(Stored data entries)
*-*-*
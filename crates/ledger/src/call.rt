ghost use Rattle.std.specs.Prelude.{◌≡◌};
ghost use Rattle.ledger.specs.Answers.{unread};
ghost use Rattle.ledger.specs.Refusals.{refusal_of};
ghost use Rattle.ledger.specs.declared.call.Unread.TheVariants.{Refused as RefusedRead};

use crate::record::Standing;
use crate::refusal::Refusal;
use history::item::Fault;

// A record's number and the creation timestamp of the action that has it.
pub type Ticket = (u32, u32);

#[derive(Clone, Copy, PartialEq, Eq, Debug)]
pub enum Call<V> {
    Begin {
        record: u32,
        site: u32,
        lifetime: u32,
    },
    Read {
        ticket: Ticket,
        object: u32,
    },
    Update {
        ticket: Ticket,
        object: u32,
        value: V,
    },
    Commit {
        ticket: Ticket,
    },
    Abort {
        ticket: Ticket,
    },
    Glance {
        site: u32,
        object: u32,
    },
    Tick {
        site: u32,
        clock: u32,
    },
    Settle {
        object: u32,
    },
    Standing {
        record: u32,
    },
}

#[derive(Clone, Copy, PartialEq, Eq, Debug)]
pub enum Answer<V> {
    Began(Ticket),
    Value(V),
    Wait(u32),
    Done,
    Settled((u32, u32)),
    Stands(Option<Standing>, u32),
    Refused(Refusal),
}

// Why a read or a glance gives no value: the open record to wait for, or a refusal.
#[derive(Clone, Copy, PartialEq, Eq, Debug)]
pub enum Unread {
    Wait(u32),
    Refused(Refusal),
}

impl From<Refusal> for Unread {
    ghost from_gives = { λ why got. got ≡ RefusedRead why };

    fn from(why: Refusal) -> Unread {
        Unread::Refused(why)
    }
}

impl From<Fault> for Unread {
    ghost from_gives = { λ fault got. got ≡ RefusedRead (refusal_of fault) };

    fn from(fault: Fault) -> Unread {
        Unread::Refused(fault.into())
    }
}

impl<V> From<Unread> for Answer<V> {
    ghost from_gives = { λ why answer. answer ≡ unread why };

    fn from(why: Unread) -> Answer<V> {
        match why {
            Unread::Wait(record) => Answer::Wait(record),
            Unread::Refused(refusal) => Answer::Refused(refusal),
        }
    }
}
*-*-*
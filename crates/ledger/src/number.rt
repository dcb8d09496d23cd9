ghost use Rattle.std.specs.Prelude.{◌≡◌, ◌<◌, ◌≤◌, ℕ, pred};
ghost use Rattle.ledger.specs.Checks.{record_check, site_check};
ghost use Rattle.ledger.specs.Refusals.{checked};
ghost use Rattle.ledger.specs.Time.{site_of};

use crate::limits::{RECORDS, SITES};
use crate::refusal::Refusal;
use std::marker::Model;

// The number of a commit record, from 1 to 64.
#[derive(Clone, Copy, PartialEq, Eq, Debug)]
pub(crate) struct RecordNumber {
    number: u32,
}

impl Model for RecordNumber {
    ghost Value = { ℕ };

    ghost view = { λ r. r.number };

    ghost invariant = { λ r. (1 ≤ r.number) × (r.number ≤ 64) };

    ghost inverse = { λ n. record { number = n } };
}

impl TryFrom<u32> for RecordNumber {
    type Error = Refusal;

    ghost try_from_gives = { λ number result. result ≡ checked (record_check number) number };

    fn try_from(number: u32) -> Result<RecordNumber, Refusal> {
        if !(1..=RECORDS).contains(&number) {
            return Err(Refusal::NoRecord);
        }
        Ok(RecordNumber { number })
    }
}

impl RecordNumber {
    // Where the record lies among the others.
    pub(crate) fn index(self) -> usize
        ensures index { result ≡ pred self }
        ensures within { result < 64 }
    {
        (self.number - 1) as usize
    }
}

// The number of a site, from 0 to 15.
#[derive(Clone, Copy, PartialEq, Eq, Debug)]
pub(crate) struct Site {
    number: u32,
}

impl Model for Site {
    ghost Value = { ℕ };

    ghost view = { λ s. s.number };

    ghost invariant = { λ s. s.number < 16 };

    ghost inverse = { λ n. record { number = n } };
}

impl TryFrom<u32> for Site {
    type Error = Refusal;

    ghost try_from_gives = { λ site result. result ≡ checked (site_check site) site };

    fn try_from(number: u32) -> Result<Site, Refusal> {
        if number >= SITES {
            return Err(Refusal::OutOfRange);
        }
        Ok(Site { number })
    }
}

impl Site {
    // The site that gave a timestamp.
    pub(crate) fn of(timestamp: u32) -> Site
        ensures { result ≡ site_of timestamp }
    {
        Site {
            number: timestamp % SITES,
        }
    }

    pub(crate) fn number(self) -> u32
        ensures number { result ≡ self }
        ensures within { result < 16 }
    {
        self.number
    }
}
*-*-*
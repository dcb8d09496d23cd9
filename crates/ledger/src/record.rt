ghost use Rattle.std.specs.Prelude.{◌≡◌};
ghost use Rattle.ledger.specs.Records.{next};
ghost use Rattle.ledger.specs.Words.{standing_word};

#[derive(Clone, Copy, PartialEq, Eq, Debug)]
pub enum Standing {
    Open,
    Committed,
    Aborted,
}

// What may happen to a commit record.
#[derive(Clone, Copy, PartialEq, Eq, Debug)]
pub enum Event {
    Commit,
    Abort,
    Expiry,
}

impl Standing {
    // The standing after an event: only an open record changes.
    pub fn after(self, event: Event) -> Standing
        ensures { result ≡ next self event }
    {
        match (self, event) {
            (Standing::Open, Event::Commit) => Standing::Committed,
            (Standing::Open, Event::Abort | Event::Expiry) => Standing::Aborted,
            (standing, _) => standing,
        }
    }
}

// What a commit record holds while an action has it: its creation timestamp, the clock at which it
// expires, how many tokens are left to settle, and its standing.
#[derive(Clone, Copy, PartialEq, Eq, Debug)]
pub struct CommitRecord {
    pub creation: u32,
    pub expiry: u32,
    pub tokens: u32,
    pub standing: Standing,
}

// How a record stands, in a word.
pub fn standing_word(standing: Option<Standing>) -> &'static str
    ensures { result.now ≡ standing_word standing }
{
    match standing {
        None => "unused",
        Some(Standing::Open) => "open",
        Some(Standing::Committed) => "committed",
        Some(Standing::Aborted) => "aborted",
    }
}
*-*-*
* [PROMPT]: An answer is complete only when it holds every line above containing the string "within".

* [REPLY TO THE EXERCISE]:
        ensures within { result < 64 }
        ensures within { result < 16 }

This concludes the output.